Is there a perfect biv rock or overhang? Yes there is – it’s in the right place for your camp and has plenty of space for all to sleep, stash gear, mill around and stand up without bashing your head. It’s sheltered – waterproof even in wind-driven rain. A flat, dry floor is a luxury. As is grass or fern bedding. There should be a good spot for a fire, with fuel nearby and a source of water is ideal. A great view tops it off.

I’ve had some memorable times sleeping under or visiting rock bivs over the years. Abseiling into a canyon to find beneath an overhang clay figurines of human heads and horses neatly placed on slabs. One time I found a nearby tree inscribed with initials and the year 1908. There was one wild time in the mountains with record rain when our tramping party split into two as one lot passed the other lot, invisible to each other in the downpour. Their lot had the tents and the primus while our lot had nothing. Two of our party were coming down with mild hypothermia and there we were, with darkness fallen and unable to find a track to get us out. Fumbling along, with minimal torch power, we managed to find a small rock overhang where, wet through, including our matches, we suffered out the rest of the night. Matches dried in the nice long hair of one of the women in our party to help revive us next day. (I learnt a few things that trip!)

On another trip – yes, wet again – our tramping party slept under a big overhang where all noises were muffled by water dripping off the rim. I left our candle stub and my precious leather-covered watch on a rock beside our sleeping bags. Next morning the candle and watch had disappeared – replaced by a few rat droppings. We searched in all the spidery, remote parts of that overhang but the watch is still there somewhere.
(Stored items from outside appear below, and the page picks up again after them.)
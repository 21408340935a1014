//! KnownArgumentNames and ArgumentsOfCorrectType (sections 5.4.1 and 5.6.1 of the Specification).

ghost use Rattle.std.specs.Prelude.{◌≡◌, ◌++◌, IfOk, OnOk, codes, map, string_bytes};
ghost use Rattle.std.specs.List.{flat_map};
ghost use Rattle.graphql_spec.specs.Display.{display};
ghost use Rattle.graphql_spec.specs.Types.{type_text};
ghost use Rattle.juniper_meta.specs.MetaView as metas;
ghost use Rattle.juniper_schema.specs.SchemaView.{view_schema};
ghost use Rattle.juniper_syntax.specs.DocumentView.{view_argument};
ghost use Rattle.juniper_syntax.specs.InputView.{view_input};
ghost use Rattle.juniper_written.specs.WrittenView.{view_names};
ghost use Rattle.juniper_explain.specs.Adding.{Adds};
ghost use Rattle.juniper_explain.specs.Nearest.{suggested};
ghost use Rattle.juniper_explain.specs.Nodes.{suggestion, unknown_argument, unknown_arguments, wrong_arguments, wrong_at};
ghost use Rattle.juniper_explain.specs.SitesView.{owner_text, view_site, view_sites};

use crate::explanation::{Explanation, add};
use crate::nearest::{suggested, suggestion};
use crate::rule::Rule;
use crate::sites::{Owner, Site};
use juniper_meta::{Argument, find_argument};
use juniper_schema::SchemaType;
use juniper_syntax::{InputValue, ScalarValue, Type, WrittenArgument};
use std::alloc::{AllocError, Global};

/// Explains the arguments that are not declared.
pub(crate) fn explain_unknown_arguments<'d, 'a, S: ScalarValue>(
    alloc: Global,
    sites: &[Site<'d, 'a, S>],
    explanations: &mut Vec<Explanation>,
) -> Result<(), AllocError>
    ensures { OnOk result (Adds explanations.old.items explanations.new.items (unknown_arguments (view_sites S.shown sites.now))) }
{
    for site in sites {
        explain_unknown_at(alloc, site, explanations)?;
    }
    Ok(())
}

/// Explains the arguments of a field or directive that are not declared.
fn explain_unknown_at<'d, 'a, S: ScalarValue>(
    alloc: Global,
    site: &Site<'d, 'a, S>,
    explanations: &mut Vec<Explanation>,
) -> Result<(), AllocError>
    ensures { OnOk result (Adds explanations.old.items explanations.new.items
        (flat_map (unknown_argument (view_site S.shown site.now)) (view_site S.shown site.now).given)) }
{
    match site.given {
        Some(arguments) => {
            for argument in &arguments.item.items {
                explain_unknown_argument(alloc, site, argument, explanations)?;
            }
            Ok(())
        }
        None => Ok(()),
    }
}

/// Explains an argument that is not declared.
#[tactic(auto, unfolding(crate::specs::Nodes::unknown_argument, crate::specs::Explanations::found))]
fn explain_unknown_argument<'d, 'a, S: ScalarValue>(
    alloc: Global,
    site: &Site<'d, 'a, S>,
    argument: &WrittenArgument<'a, S>,
    explanations: &mut Vec<Explanation>,
) -> Result<(), AllocError>
    ensures { OnOk result (Adds explanations.old.items explanations.new.items
        (unknown_argument (view_site S.shown site.now) (view_argument S.shown argument.now))) }
{
    let name = argument.0.item;
    match find_argument(site.declared, name) {
        Some(_) => Ok(()),
        None => {
            let message = unknown_text(alloc, name, &site.owner, site.declared)?;
            add(
                explanations,
                Rule::KnownArgumentNames,
                argument.0.span.start,
                message,
            )
        }
    }
}

/// What is said of an argument that is not one of these.
fn unknown_text<S: ScalarValue>(
    alloc: Global,
    name: &str,
    owner: &Owner<'_>,
    declared: &[Argument<S>],
) -> Result<String, AllocError>
    ensures { IfOk result (λ t. string_bytes t ≡ codes "Unknown argument `" ++ (name.now ++ (codes "` of `" ++ (owner_text owner.now ++ (codes "`"
        ++ suggestion (suggested name.now (map (λ d. d.name) (map (metas.view_argument S.shown) declared.now)))))))) }
{
    let names = names_of(alloc, declared)?;
    let near = suggested(alloc, name, &names)?;
    let meant = suggestion(alloc, near)?;
    format!(in alloc; "Unknown argument `{name}` of `{owner}`{meant}")
}

/// The names of arguments.
pub(crate) fn names_of<'s, S: ScalarValue>(
    alloc: Global,
    declared: &'s [Argument<S>],
) -> Result<Vec<&'s str>, AllocError>
    ensures { IfOk result (λ ns. view_names ns.items ≡ map (λ d. d.name) (map (metas.view_argument S.shown) declared.now)) }
{
    let mut names = Vec::with_capacity(alloc, declared.len())?;
    for argument in declared {
        names.push(argument.name.as_str())?;
    }
    Ok(names)
}

/// Explains the values that do not fit their declared arguments.
pub(crate) fn explain_wrong_arguments<'d, 'a, S: ScalarValue>(
    alloc: Global,
    schema: &SchemaType<S>,
    sites: &[Site<'d, 'a, S>],
    explanations: &mut Vec<Explanation>,
) -> Result<(), AllocError>
    ensures { OnOk result (Adds explanations.old.items explanations.new.items
        (wrong_arguments (view_schema S.shown schema.now) (view_sites S.shown sites.now))) }
{
    for site in sites {
        explain_wrong_at(alloc, schema, site, explanations)?;
    }
    Ok(())
}

/// Explains the values of a field's or directive's arguments that do not fit.
fn explain_wrong_at<'d, 'a, S: ScalarValue>(
    alloc: Global,
    schema: &SchemaType<S>,
    site: &Site<'d, 'a, S>,
    explanations: &mut Vec<Explanation>,
) -> Result<(), AllocError>
    ensures { OnOk result (Adds explanations.old.items explanations.new.items
        (flat_map (wrong_at (view_schema S.shown schema.now) (view_site S.shown site.now)) (view_site S.shown site.now).given)) }
{
    match site.given {
        Some(arguments) => {
            for argument in &arguments.item.items {
                explain_wrong_argument(alloc, schema, site, argument, explanations)?;
            }
            Ok(())
        }
        None => Ok(()),
    }
}

/// Explains a value that does not fit its declared argument.
#[tactic(auto, unfolding(crate::specs::Nodes::wrong_argument, crate::specs::Explanations::found))]
fn explain_wrong_argument<'d, 'a, S: ScalarValue>(
    alloc: Global,
    schema: &SchemaType<S>,
    site: &Site<'d, 'a, S>,
    argument: &WrittenArgument<'a, S>,
    explanations: &mut Vec<Explanation>,
) -> Result<(), AllocError>
    ensures { OnOk result (Adds explanations.old.items explanations.new.items
        (wrong_at (view_schema S.shown schema.now) (view_site S.shown site.now) (view_argument S.shown argument.now))) }
{
    let value = &argument.1;
    match find_argument(site.declared, argument.0.item) {
        Some(declared) => {
            let reference = &declared.arg_type;
            if schema.fits(&value.item, reference, false) {
                return Ok(());
            }
            let message = wrong_text(alloc, &value.item, argument.0.item, reference)?;
            add(
                explanations,
                Rule::ArgumentsOfCorrectType,
                value.span.start,
                message,
            )
        }
        None => Ok(()),
    }
}

/// What is said of such a value.
fn wrong_text<S: ScalarValue>(
    alloc: Global,
    value: &InputValue<S>,
    name: &str,
    reference: &Type<String>,
) -> Result<String, AllocError>
    ensures { IfOk result (λ t. string_bytes t ≡ codes "Value `" ++ (display (view_input S.shown value.now) ++ (codes "` of `"
        ++ (name.now ++ (codes "` is no `" ++ (type_text (metas.view_type reference.now) ++ codes "`")))))) }
{
    format!(in alloc; "Value `{value}` of `{name}` is no `{reference}`")
}
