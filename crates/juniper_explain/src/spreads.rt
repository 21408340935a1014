//! KnownFragmentNames and NoFragmentCycles (sections 5.5.2.1 and 5.5.2.2 of the Specification).

ghost use Rattle.std.specs.Prelude.{◌≡◌, OnOk};
ghost use Rattle.std.specs.List.{flat_map};
ghost use Rattle.std.specs.Option.{is_none};
ghost use Rattle.graphql_spec.specs.Documents as documents;
ghost use Rattle.graphql_spec.specs.Documents.{fragments};
ghost use Rattle.graphql_spec.specs.Fragments.{fragment_of, spreads};
ghost use Rattle.graphql_spec.specs.Written.{selections_of};
ghost use Rattle.juniper_written.specs.SpreadsView.{AreFragmentsOf};
ghost use Rattle.juniper_syntax.specs.DocumentView.{view_definition, view_word};
ghost use Rattle.juniper_written.specs.WrittenView.{view_names};
ghost use Rattle.juniper_explain.specs.Adding.{Adds};
ghost use Rattle.juniper_explain.specs.Nodes.{own_spread, unknown_spread};
ghost use Rattle.juniper_explain.specs.Words.{view_words};

use crate::explanation::{Explanation, Wording, add_named};
use crate::rule::Rule;
use crate::words::word_of;
use juniper_syntax::{Definition, ScalarValue, Span, Spanning};
use juniper_written::FragmentsByName;
use std::alloc::{AllocError, Global};

/// What is said of a spread.
const UNKNOWN_SPREAD: Wording<'static> = Wording {
    rule: Rule::KnownFragmentNames,
    before: "Unknown fragment `",
    after: "`",
};

/// What is said of a fragment.
const OWN_SPREAD: Wording<'static> = Wording {
    rule: Rule::NoFragmentCycles,
    before: "Fragment `",
    after: "` spreads itself",
};

/// Explains the spreads of no fragment.
pub(crate) fn explain_spreads<'d, 'a, S: ScalarValue>(
    alloc: Global,
    fragments: &FragmentsByName<'d, 'a, S>,
    spreads: &Vec<Spanning<&'a str, Span>>,
    explanations: &mut Vec<Explanation>,
) -> Result<(), AllocError>
    ensures { OnOk result ((d : documents.Document) → AreFragmentsOf S.shown fragments.now d →
        Adds explanations.old.items explanations.new.items (flat_map (unknown_spread d) (view_words spreads.now.items))) }
{
    for index in 0..spreads.len() {
        let spread = spreads[index];
        explain_spread(alloc, fragments, &spread, explanations)?;
    }
    Ok(())
}

/// Explains a spread of no fragment.
#[tactic(auto, unfolding(crate::specs::Nodes::unknown_spread))]
fn explain_spread<'d, 'a, S: ScalarValue>(
    alloc: Global,
    fragments: &FragmentsByName<'d, 'a, S>,
    word: &Spanning<&'a str, Span>,
    explanations: &mut Vec<Explanation>,
) -> Result<(), AllocError>
    ensures { OnOk result ((d : documents.Document) → AreFragmentsOf S.shown fragments.now d →
        Adds explanations.old.items explanations.new.items (unknown_spread d (view_word word.now))) }
{
    let is_unknown = is_unknown(fragments, word.item);
    add_named(alloc, explanations, is_unknown, word, &UNKNOWN_SPREAD)
}

/// Whether there is no fragment of the name.
fn is_unknown<'d, 'a, S: ScalarValue>(fragments: &FragmentsByName<'d, 'a, S>, name: &str) -> bool
    ensures { (d : documents.Document) → AreFragmentsOf S.shown fragments.now d → result ≡ is_none (fragment_of (documents.fragments d) name.now) }
{
    match fragments.fragment(name) {
        Some(_) => false,
        None => true,
    }
}

/// Explains a fragment that the names that it spreads lead to.
#[tactic(auto, unfolding(crate::specs::Nodes::own_spread))]
pub(crate) fn explain_own_spread<'d, 'a, S: ScalarValue>(
    alloc: Global,
    fragments: &FragmentsByName<'d, 'a, S>,
    definition: &Definition<'a, S>,
    names: &[&'a str],
    explanations: &mut Vec<Explanation>,
) -> Result<(), AllocError>
    ensures { OnOk result ((d : documents.Document) → AreFragmentsOf S.shown fragments.now d →
        view_names names.now ≡ spreads (selections_of (view_definition S.shown definition.now)) →
        Adds explanations.old.items explanations.new.items (own_spread d (view_definition S.shown definition.now))) }
{
    let spreads_itself = fragments.spreads_itself(alloc, definition, names)?;
    let word = word_of(definition);
    add_named(alloc, explanations, spreads_itself, &word, &OWN_SPREAD)
}
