//! What the rules on types find, with their nodes: the second phase.

ghost use Rattle.std.specs.Prelude.{◌≡◌, IfOk, List, OnOk};
ghost use Rattle.graphql_spec.specs.Documents as documents;
ghost use Rattle.juniper_rules.specs.Listing.{AreListedOnTypes, IsListedOnTypes, definition_of};
ghost use Rattle.juniper_type_rules.specs.PlacedView.{view_parts};
ghost use Rattle.juniper_type_rules.specs.Placing.{parts_of};
ghost use Rattle.juniper_schema.specs.SchemaView.{view_schema};
ghost use Rattle.juniper_syntax.specs.DocumentView.{view_definition};
ghost use Rattle.juniper_explain.specs.Adding.{AddsAll, AddsOfArguments, AddsTwo, Explain};
ghost use Rattle.juniper_explain.specs.Nodes.{other_conditions, other_variables, type_findings};

use crate::arguments::explain_missing_arguments;
use crate::conditions::explain_other_conditions;
use crate::explanation::Explanation;
use crate::fields::{explain_sets, explain_unknown_fields};
use crate::given::{explain_unknown_arguments, explain_wrong_arguments};
use crate::sites::sites;
use crate::variables::{explain_defaults, explain_other_variables, variables_of};
use crate::words::words_in;
use juniper_rules::ListedOnTypes;
use juniper_schema::SchemaType;
use juniper_syntax::{Definition, ScalarValue};
use juniper_type_rules::PlacedParts;
use std::alloc::{AllocError, Global};

/// Explains what the rules on types find in a document, of whose definitions this is listed. An error where memory is
/// refused.
pub(crate) fn explain_types<'d, 'a, S: ScalarValue>(
    alloc: Global,
    schema: &'d SchemaType<S>,
    listed: &[ListedOnTypes<'_, 'd, 'a, S>],
) -> Result<Vec<Explanation>, AllocError>
    ensures { IfOk result (λ es. (d : documents.Document) → AreListedOnTypes S.shown (view_schema S.shown schema.now) listed.now d →
        Explain es.items (type_findings (view_schema S.shown schema.now)) d) }
{
    let mut explanations = Vec::new(alloc);
    for one in listed {
        explain_definition(alloc, schema, one, &mut explanations)?;
    }
    Ok(explanations)
}

/// Explains what the rules on types find at a definition, of which this is listed.
fn explain_definition<'d, 'a, S: ScalarValue>(
    alloc: Global,
    schema: &'d SchemaType<S>,
    on_types: &ListedOnTypes<'_, 'd, 'a, S>,
    explanations: &mut Vec<Explanation>,
) -> Result<(), AllocError>
    ensures { OnOk result ((ds : List documents.Definition) → IsListedOnTypes S.shown (view_schema S.shown schema.now) on_types.now →
        AddsAll explanations.old.items explanations.new.items
        (type_findings (view_schema S.shown schema.now) ds (definition_of S.shown on_types.now.listed.now))) }
{
    let listed = on_types.listed;
    let definition = listed.definition;
    explain_references(alloc, schema, definition, explanations)?;
    explain_unknown_fields(alloc, schema, &on_types.placed, explanations)?;
    explain_sets(alloc, schema, &on_types.placed, explanations)?;
    explain_arguments(alloc, schema, &on_types.placed, explanations)?;
    explain_defaults(alloc, schema, variables_of(definition), explanations)
}

/// Explains the conditions and the variables of a definition whose types are of a wrong kind.
fn explain_references<S: ScalarValue>(
    alloc: Global,
    schema: &SchemaType<S>,
    definition: &Definition<'_, S>,
    explanations: &mut Vec<Explanation>,
) -> Result<(), AllocError>
    ensures { OnOk result (AddsTwo explanations.old.items explanations.new.items
        (other_conditions (view_schema S.shown schema.now) (view_definition S.shown definition.now))
        (other_variables (view_schema S.shown schema.now) (view_definition S.shown definition.now))) }
{
    let words = words_in(alloc, definition)?;
    explain_other_conditions(alloc, schema, &words.conditions, explanations)?;
    explain_other_variables(alloc, schema, variables_of(definition), explanations)
}

/// Explains the arguments of fields and directives that are unknown, missing or wrong.
fn explain_arguments<'d, 'a, S: ScalarValue>(
    alloc: Global,
    schema: &'d SchemaType<S>,
    parts: &PlacedParts<'d, 'a, S>,
    explanations: &mut Vec<Explanation>,
) -> Result<(), AllocError>
    ensures { OnOk result ((x : documents.Definition) → view_parts S.shown parts.now ≡ parts_of (view_schema S.shown schema.now) x →
        AddsOfArguments explanations.old.items explanations.new.items (view_schema S.shown schema.now) x) }
{
    let sites = sites(alloc, schema, parts)?;
    explain_unknown_arguments(alloc, &sites, explanations)?;
    explain_missing_arguments(alloc, &sites, explanations)?;
    explain_wrong_arguments(alloc, schema, &sites, explanations)
}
I’ve encountered plenty of wildlife during my nights in rock bivs. Some were pleasant, like the two nights I spent half under a biv rock in the head of the Hokitika River below Mathias Pass and was regularly visited by a pair of rock wren. But others are less so. I had to help dispatch three ‘tame’ food-thieving possums at the biv above the Welcome Flat hot springs at the end of a tramp over Copland Pass. Someone held the torch while I wielded the ice axe. At least we got three nice dark brown skins worth top dollars at the time.

Of the 80-plus rock bivs I’ve visited, my favourite is probably Painted Cave, a limestone overhang off the Inland Road, near Kaikoura. There the smoke curls up a 20m high sculptured wall, perfectly sheltered and heat reflective – a place with a great atmosphere.

If you fancy doing a trip where you stay in a rock biv each night you could try the Five Passes in the Otago Alps, just north of the Routeburn Track. The trip starts and finishes in the Route Burn and takes in the Dart Valley, Beans Burn, Olivine, Hidden Falls Stream and Rock Burn. Not all the bivs are weatherproof and a tent is still needed, but the whole thing of 5-7 days can be planned around nicely placed rocks.

All of the good things about biv rocks are there to satisfy the most ardent connoisseur, unlike the experience of these poor trampers:

‘Excellent biv rock, sleeps 4’ went the guide notes,
So with great expectations they tramped in the rain,
Drenched and cold, but morale high,
As they planned a good night,
Snug and dry.

Imagine their horror when they arrived to find
A shattered pile of rubble.
A tiny ‘doorway’ into a dungeon, all of 50cm high.
A lumpy floor,
Water trickling down its walls.

‘Maybe a dry space for one’,
Said a tired voice of the three
And straws were drawn for the lucky one,
Who would it be?

The night was long as the rain poured down.
There was little peace for the trampers underground.